Hey guys... thinking about doing a fatty with hamburger (Onions, peppers and cheese on the inside). 

My wife doesn't really do pork (except on the rare pulled pork event).

Can I do the roll and skip the bacon wrap? Will it fall apart? Thanks in advance.


----------



## hambone1950 (Sep 15, 2013)

Just my 2cents , but I think you'll be making meatloaf  nothing wrong with that , but I would embrace it and cook it in a pan with maybe some bread underneath to soak up the grease ( or on a rack) 
I think it could have all the good qualities of a fatty , but like you say , if you try to roll it it might fall apart.  What the heck , the worse that can happen is it'll be a little crumbly....I bet it'll still taste good.   Post some pictures , I'll be curious how it comes out. :grilling_smilie:


----------



## mdboatbum (Sep 15, 2013)

Yes you can. If you search "naked fatty"  on here, people do it all the time with sausage. It won't fall apart any more than a hamburger or meatloaf does. Just be gentle with it when putting it in the smoker. I'd also use at least 20% fat content beef.


----------



## dirtsailor2003 (Sep 15, 2013)

You get you can! 













image.jpg



__ dirtsailor2003
__ Sep 15, 2013


















image.jpg



__ dirtsailor2003
__ Sep 15, 2013


















image.jpg



__ dirtsailor2003
__ Sep 15, 2013






80/20, stuffed with all kinds of goodness!


----------



## hambone1950 (Sep 16, 2013)

Hey man. Check this out....just posted. Sorry I was skeptical ....I guess you can make GREAT fatties with ground beef. 

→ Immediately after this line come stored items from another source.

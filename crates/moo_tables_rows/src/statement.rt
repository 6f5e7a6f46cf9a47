//! The statements of a transaction, and the values that they take.

ghost use Rattle.std.specs.{Prelude.{◌≡◌, IsTrue, IfOk, pos}, Borrow.{GName}};
ghost use Rattle.sqlite.specs.{State.{State, HasCleanDisk, Executes, ExecutesInside}, Held.{state as state_of}, Values.{bound}};
ghost use Rattle.sqlite.specs.declared.types.Value.TheVariants.{Int, Text};
ghost use Rattle.sqlite_value.specs.Value.{owned};
ghost use Rattle.moo_tables_rows.specs.{Cause.{is_conflict}, Cells.{flag_cell}, Inside.{StaysInside}};

use moo_value::ObjNo;
use sqlite::{Alter, Error, ErrorCode, Transaction};
use sqlite_value::value::ValueRef;

/// A transaction, whichever store it is on. The proof of code over any transaction is cheaper than that of code over any store.
pub trait Run {
    /// The state of the connection, in the transaction.
    ghost state: { Self → State };

    /// Which connection it is on.
    ghost lender: { Self → GName };

    /// Runs one statement of the transaction with these parameters, and answers how many rows it changed. The errors are those of
    /// `execute` of `sqlite`.
    fn run(&mut self, sql: &str, params: &[ValueRef<'_>]) -> Result<usize, Error>
        // The transaction is on the connection that it was on.
        ensures same_reference { lender self.new ≡ lender self.old }
        // Nothing is committed.
        ensures inside { StaysInside (state self.old) (state self.new) }
        // A statement that succeeds was executed, and the transaction is open still.
        ensures ran { HasCleanDisk (state self.new) → IfOk result (λ count.
            IsTrue (state self.new).in_transaction
            × Executes sql.now (bound params.now) (state self.old) (state self.new) result) }
        // In an open transaction the statement does what `sqlite` says of a statement that can't end the transaction.
        ensures executes { HasCleanDisk (state self.new) → IsTrue (state self.old).in_transaction →
            ExecutesInside 0 sql.now (bound params.now) (state self.old) (state self.new) result };
}

impl<S: Alter> Run for Transaction<'_, S> {
    ghost state = { λ tx. state_of S.Store tx.conn.now };

    ghost lender = { λ tx. tx.conn.ghost_name };

    fn run(&mut self, sql: &str, params: &[ValueRef<'_>]) -> Result<usize, Error> {
        self.execute(sql, params)
    }
}

/// Whether an error says that a rule of the table refused a row: another row has its key.
pub fn is_conflict(error: &Error) -> bool
    ensures { result ≡ is_conflict error.now }
{
    matches!(
        error,
        Error::SqliteFailure(ErrorCode::ConstraintViolation(_))
    )
}

/// The number of an object, -1 to 2,147,483,647, as a cell.
pub fn object_value(n: ObjNo) -> ValueRef<'static>
    ensures { owned result ≡ Int n.0 }
{
    ValueRef::Int(i64::from(n.0))
}

/// The number of a property, a verb or a petition, or the next one to be given, as a cell.
pub fn counter_value(n: u32) -> ValueRef<'static>
    ensures { owned result ≡ Int (pos n) }
{
    ValueRef::Int(i64::from(n))
}

/// Bytes, as the cell of a text.
pub fn text_value(bytes: &[u8]) -> ValueRef<'_>
    ensures { owned result ≡ Text bytes.now }
{
    ValueRef::Text(bytes)
}

/// A flag, as the cell 0 or 1.
pub fn flag_value(b: bool) -> ValueRef<'static>
    ensures { owned result ≡ flag_cell b }
{
    ValueRef::Int(if b { 1 } else { 0 })
}
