//! What a table of ours is, whichever it is.

use sqlite_schema::schema::Kind;

/// A table of ours, as a database has it. It is copied where a field of a constant is taken.
#[derive(Clone, Copy)]
pub struct OurTable {
    pub name: &'static str,
    /// Which tree of the database has its rows. The tree after it is the index of a key of two columns.
    pub tree: u32,
    /// Whether its key is the first two columns. Else it is the first.
    pub is_paired: bool,
    /// The name and the type of each column.
    pub columns: &'static [(&'static str, Kind)],
    /// The statement that makes it.
    pub create: &'static str,
    /// The query of its rows, in the order of their keys.
    pub read: &'static str,
}
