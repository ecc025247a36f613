//! What links between numbered nodes lead to. `reached` gives exactly the nodes that are reached from a node, each
//! once (`specs/Reach.antt`), with marks that serve many searches of one graph: the paths of a configuration, or the
//! search for cycles. Read `reached` first.
#![tactic(auto)]

ghost use Rattle.std.specs.Prelude.{◌≡◌, ◌≢◌, ◌↔◌, ℕ, ◌+◌, ◌++◌, ◌∷◌, [], ◌<◌, ◌≤◌, length, get_or, Contains, IfOk, OnOk};
ghost use Rattle.mt_reach.specs.Reach.{targets_of, Reaches, AreWithin, AreBetween, with_link, linked, AreBelow, unmarked, IsSearch};

use std::alloc::{AllocError, Global};
use std::marker::Model;

/// Where the links of a node lead: the numbers of nodes, from 0. A contract sees their list.
#[derive(Drop)]
pub struct Targets {
    nodes: Vec<usize>,
}

impl Model for Targets {
    ghost use Rattle.std.specs.Prelude.{List, ℕ};

    ghost Value = { List ℕ };

    ghost view = { λ t. t.nodes.items };
}

impl Targets {
    /// These nodes.
    pub fn new(nodes: Vec<usize>) -> Targets
        ensures { result ≡ nodes.items }
    {
        Targets { nodes }
    }

    /// One more node.
    pub fn push(&mut self, node: usize) -> Result<(), AllocError>
        ensures { OnOk result (self.new ≡ self.old ++ node ∷ []) }
    {
        self.nodes.push(node)?;
        Ok(())
    }

    /// The nodes, in their order.
    pub fn as_slice(&self) -> &[usize]
        ensures { result.now ≡ self.now }
    {
        &self.nodes
    }
}

// So many nodes without links.
fn without_links(alloc: Global, count: usize) -> Result<Vec<Targets>, AllocError>
    ensures len { IfOk result (λ v. length v.items ≡ count) }
    ensures none { IfOk result (λ v. (a : ℕ) → targets_of v.items a ≡ []) }
{
    let mut graph = Vec::new(alloc);
    for _number in 0..count {
        graph.push(Targets::new(Vec::new(alloc)))?;
    }
    Ok(graph)
}

// One more link; none where its node is not there.
fn add_link(graph: &mut Vec<Targets>, link: (usize, usize)) -> Result<(), AllocError>
    ensures { OnOk result (graph.new.items ≡ with_link graph.old.items link) }
{
    if link.0 < graph.len() {
        graph[link.0].push(link.1)
    } else {
        Ok(())
    }
}

/// The graph of so many nodes with these links, each from a node to a node: where the links of each node
/// lead.
#[tactic(auto, unfolding(crate::specs::Reach::linked))]
pub fn graph_of(
    alloc: Global,
    count: usize,
    links: &[(usize, usize)],
) -> Result<Vec<Targets>, AllocError>
    requires { AreBetween links.now count }
    ensures links { IfOk result (λ v. (a b : ℕ) → Contains (targets_of v.items a) b ↔ Contains links.now (a, b)) }
    ensures within { IfOk result (λ v. AreWithin v.items count) }
{
    let mut graph = without_links(alloc, count)?;
    let mut rest = links;
    while let [link, after @ ..] = rest {
        add_link(&mut graph, *link)?;
        rest = after;
    }
    Ok(graph)
}

// Where the links of a node lead; nowhere where it is not there.
fn targets_at(graph: &[Targets], node: usize) -> &[usize]
    ensures { result.now ≡ targets_of graph.now node }
{
    match graph.get(node) {
        Some(targets) => targets.as_slice(),
        None => &[],
    }
}

// Follows the links of the node at a place of `order`, and adds the nodes that have not this mark yet.
fn follow(
    graph: &[Targets],
    at: usize,
    mark: usize,
    seen: &mut Vec<usize>,
    order: &mut Vec<usize>,
) -> Result<(), AllocError>
    requires within { AreWithin graph.now (length seen.old.items) }
    requires search { IsSearch graph.now mark at seen.old.items order.old.items }
    requires at { at < length order.old.items }
    ensures search { OnOk result (IsSearch graph.now mark (at + 1) seen.new.items order.new.items) }
    ensures len { length seen.new.items ≡ length seen.old.items }
    ensures first { get_or order.new.items 0 0 ≡ get_or order.old.items 0 0 }
    ensures longer { length order.old.items ≤ length order.new.items }
    ensures cost { OnOk result (unmarked mark seen.new.items + length order.new.items ≡ unmarked mark seen.old.items + length order.old.items) }
{
    let node = order[at];
    for target in targets_at(graph, node) {
        let target = *target;
        if seen[target] != mark {
            order.push(target)?;
            seen[target] = mark;
        }
    }
    Ok(())
}

/// A mark for each of so many nodes, from no search.
pub fn no_marks(alloc: Global, count: usize) -> Result<Vec<usize>, AllocError>
    ensures len { IfOk result (λ v. length v.items ≡ count) }
    ensures fresh { IfOk result (λ v. AreBelow 1 v.items) }
{
    let mut marks = Vec::new(alloc);
    for _number in 0..count {
        marks.push(0)?;
    }
    Ok(marks)
}

/// All nodes that are reached from a node, in the order in which they were found. `seen` has a mark for
/// each node, from searches before this one, all below `mark`; it is left with marks of at most `mark`.
pub fn reached(
    alloc: Global,
    graph: &[Targets],
    start: usize,
    mark: usize,
    seen: &mut Vec<usize>,
) -> Result<Vec<usize>, AllocError>
    requires within { AreWithin graph.now (length seen.old.items) }
    requires start { start < length seen.old.items }
    requires fresh { AreBelow mark seen.old.items }
    ensures sound { IfOk result (λ v. (n : ℕ) → Contains v.items n → Reaches graph.now start n) }
    ensures apart { IfOk result (λ v. (i j : ℕ) → i < j → j < length v.items → get_or v.items i 0 ≢ get_or v.items j 0) }
    ensures complete { IfOk result (λ v. (n : ℕ) → Reaches graph.now start n → Contains v.items n) }
    ensures marks { OnOk result (AreBelow (mark + 1) seen.new.items) }
    ensures len { length seen.new.items ≡ length seen.old.items }
{
    let mut order = Vec::new(alloc);
    order.push(start)?;
    seen[start] = mark;
    let mut at = 0;
    while at < order.len() {
        follow(graph, at, mark, seen, &mut order)?;
        at += 1;
    }
    Ok(order)
}

#[cfg(test)]
mod tests;
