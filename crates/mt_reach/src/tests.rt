//! Graphs and what is reached in them.
use crate::{graph_of, no_marks, reached};
use std::test::Fail;

#[test]
fn all_that_links_lead_to_is_reached_once(rt: HostRuntime) -> Result<(), Fail> {
    // 0 leads to 1 and 2, both to 3, and 3 back to 1; 4 leads to itself, and 5 to 0.
    let links = [
        (0usize, 1usize),
        (0, 2),
        (1, 3),
        (2, 3),
        (3, 1),
        (4, 4),
        (5, 0),
    ];
    let graph = graph_of(rt.alloc(), 6, &links)?;
    let mut seen = no_marks(rt.alloc(), 6)?;
    let mut nodes = reached(rt.alloc(), &graph, 2, 1, &mut seen)?;
    nodes.sort_unstable();
    assert_eq!(rt; nodes.as_slice(), [1, 2, 3].as_slice());
    Ok(())
}
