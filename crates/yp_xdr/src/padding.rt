//! The zero bytes that follow bytes, up to a multiple of four (RFC 4506 section 3).

ghost use Rattle.std.specs.Prelude.{◌≡◌, ◌<◌};
ghost use Rattle.yp_xdr.specs.Spelling.{padding_len};
ghost use Rattle.yp_xdr.specs.Reading.{first_nonzero};

/// The bytes that a word takes.
pub(crate) const WORD: usize = 4;

/// How many zero bytes follow `len` bytes.
pub(crate) fn padding_of(len: usize) -> usize
    ensures value { result ≡ padding_len len }
    ensures small { result < 4 }
{
    (WORD - len % WORD) % WORD
}

/// The place of the first byte that isn't zero.
pub(crate) fn first_nonzero(bytes: &[u8]) -> Option<usize>
    ensures { result ≡ first_nonzero bytes.now }
{
    bytes.iter().position(|byte| *byte != 0)
}
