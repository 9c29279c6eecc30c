//! Why bytes can't be read or written.

ghost use Rattle.std.specs.Prelude.{◌≡◌};
ghost use Rattle.yp_xdr.specs.Faults.{fault_place};

use thiserror::Error;

/// The first item that is refused. Places count bytes from the first one that the cursor was given.
#[derive(Clone, Copy, Debug, PartialEq, Eq, Error)]
pub enum XdrFault {
    /// The item that begins at this place isn't whole.
    #[error("short item at {at}")]
    Short { at: usize },

    /// The length word at this place is over the limit.
    #[error("length {len} at {at} is over the limit")]
    TooLong { at: usize, len: u32 },

    /// The padding byte at this place isn't zero.
    #[error("padding at {at} is not zero")]
    Pad { at: usize },

    /// The word at this place is neither FALSE nor TRUE.
    #[error("no boolean at {at}")]
    BadBool { at: usize },

    /// The number at this place isn't one of its enum's.
    #[error("no number of the enum at {at}")]
    BadEnum { at: usize },
}

impl XdrFault {
    /// The place of the item.
    pub fn place(self) -> usize
        ensures { result ≡ fault_place self }
    {
        match self {
            XdrFault::Short { at } => at,
            XdrFault::TooLong { at, .. } => at,
            XdrFault::Pad { at } => at,
            XdrFault::BadBool { at } => at,
            XdrFault::BadEnum { at } => at,
        }
    }
}

/// What was to be written doesn't fit into the buffer.
#[derive(Clone, Copy, Debug, PartialEq, Eq)]
pub struct NoRoom;
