//! Tests of commands as `yp_program` runs them over memory: what memory alone can show of `once`, `session`, `sample`,
//! the clients with `orders`, `build`, `load`, `check`, `dump`, `xfr` and `revnet`, as calls that fail and crashes; and
//! the codes and notes of statuses. The rest is in examples/.
#![tactic(auto)]

#[cfg(test)]
mod given;
#[cfg(test)]
mod notes;
#[cfg(test)]
mod once;
#[cfg(test)]
mod orders;
#[cfg(test)]
mod question;
#[cfg(test)]
mod reversing;
#[cfg(test)]
mod sample;
#[cfg(test)]
mod session;
#[cfg(test)]
mod status;
#[cfg(test)]
mod storing;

http://www.smokingmeatforums.com/t/109140/western-bacon-cheeseburger-fatty-with-mega-q-view

Good luck and post some pix. :grilling_smilie:


----------



## rdwhahb (Sep 22, 2013)

I have made them with ground beef a few times. I put cheese, peppers, onions and mushrooms.  Always a hit here at home.


----------



## ferd66 (Nov 6, 2013)

I'd use burger with the highest fat content you can find.  It's the fat that binds it together.  I tried one with ground turkey...couldn't roll it.  I'm not giving up on it...just need to rethink it.


----------